WORK INSTRUCTION: In the entries that follow, which lines hold the string "usize"? List them.

DATA SECTION:
* * * *
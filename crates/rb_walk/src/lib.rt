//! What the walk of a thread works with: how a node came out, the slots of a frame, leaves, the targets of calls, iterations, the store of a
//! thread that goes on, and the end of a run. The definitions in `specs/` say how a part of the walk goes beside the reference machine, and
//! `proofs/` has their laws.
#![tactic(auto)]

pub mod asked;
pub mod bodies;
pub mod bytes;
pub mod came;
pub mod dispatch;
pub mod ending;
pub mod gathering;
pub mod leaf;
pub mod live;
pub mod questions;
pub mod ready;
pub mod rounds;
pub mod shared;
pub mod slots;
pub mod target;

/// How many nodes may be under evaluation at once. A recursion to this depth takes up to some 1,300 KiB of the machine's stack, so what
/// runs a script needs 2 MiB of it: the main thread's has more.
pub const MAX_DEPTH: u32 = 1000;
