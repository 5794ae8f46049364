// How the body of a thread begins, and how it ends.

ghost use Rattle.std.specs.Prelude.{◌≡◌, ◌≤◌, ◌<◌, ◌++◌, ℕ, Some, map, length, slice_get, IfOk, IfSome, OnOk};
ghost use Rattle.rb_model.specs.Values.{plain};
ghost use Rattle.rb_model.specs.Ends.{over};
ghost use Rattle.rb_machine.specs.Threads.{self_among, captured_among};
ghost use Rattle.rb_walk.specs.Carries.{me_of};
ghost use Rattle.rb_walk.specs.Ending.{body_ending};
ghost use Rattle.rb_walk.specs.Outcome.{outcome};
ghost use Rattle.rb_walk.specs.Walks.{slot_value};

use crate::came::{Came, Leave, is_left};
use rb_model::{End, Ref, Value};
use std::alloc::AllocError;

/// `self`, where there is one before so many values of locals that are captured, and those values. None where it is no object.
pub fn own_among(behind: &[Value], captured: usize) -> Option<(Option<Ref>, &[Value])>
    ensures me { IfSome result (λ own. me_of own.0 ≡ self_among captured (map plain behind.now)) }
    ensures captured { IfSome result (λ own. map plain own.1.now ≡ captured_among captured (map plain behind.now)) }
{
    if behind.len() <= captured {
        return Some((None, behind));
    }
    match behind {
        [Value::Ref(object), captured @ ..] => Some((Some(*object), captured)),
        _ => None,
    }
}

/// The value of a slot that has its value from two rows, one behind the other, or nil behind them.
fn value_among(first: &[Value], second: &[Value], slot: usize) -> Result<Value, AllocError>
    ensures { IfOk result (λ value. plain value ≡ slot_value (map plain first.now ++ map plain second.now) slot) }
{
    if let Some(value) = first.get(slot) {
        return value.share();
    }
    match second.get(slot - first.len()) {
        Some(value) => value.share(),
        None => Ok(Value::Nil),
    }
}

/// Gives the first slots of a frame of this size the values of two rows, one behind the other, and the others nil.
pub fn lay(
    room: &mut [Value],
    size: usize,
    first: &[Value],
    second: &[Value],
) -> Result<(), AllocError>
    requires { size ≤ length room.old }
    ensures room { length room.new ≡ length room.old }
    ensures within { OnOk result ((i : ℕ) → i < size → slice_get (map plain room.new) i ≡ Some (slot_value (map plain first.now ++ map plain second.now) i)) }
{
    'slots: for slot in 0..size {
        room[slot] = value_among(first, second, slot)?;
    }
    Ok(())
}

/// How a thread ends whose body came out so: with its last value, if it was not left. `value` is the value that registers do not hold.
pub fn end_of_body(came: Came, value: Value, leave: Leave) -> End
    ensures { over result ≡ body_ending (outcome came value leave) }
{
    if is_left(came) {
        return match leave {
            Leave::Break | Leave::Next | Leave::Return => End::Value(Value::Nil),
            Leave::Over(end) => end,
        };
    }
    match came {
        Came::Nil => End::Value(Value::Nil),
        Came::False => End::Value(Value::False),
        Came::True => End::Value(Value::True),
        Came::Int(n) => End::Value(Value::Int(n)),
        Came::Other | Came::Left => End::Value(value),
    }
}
* * * *
WRITTEN SOLUTION:
pub fn own_among(behind: &[Value], captured: usize) -> Option<(Option<Ref>, &[Value])>
fn value_among(first: &[Value], second: &[Value], slot: usize) -> Result<Value, AllocError>
    size: usize,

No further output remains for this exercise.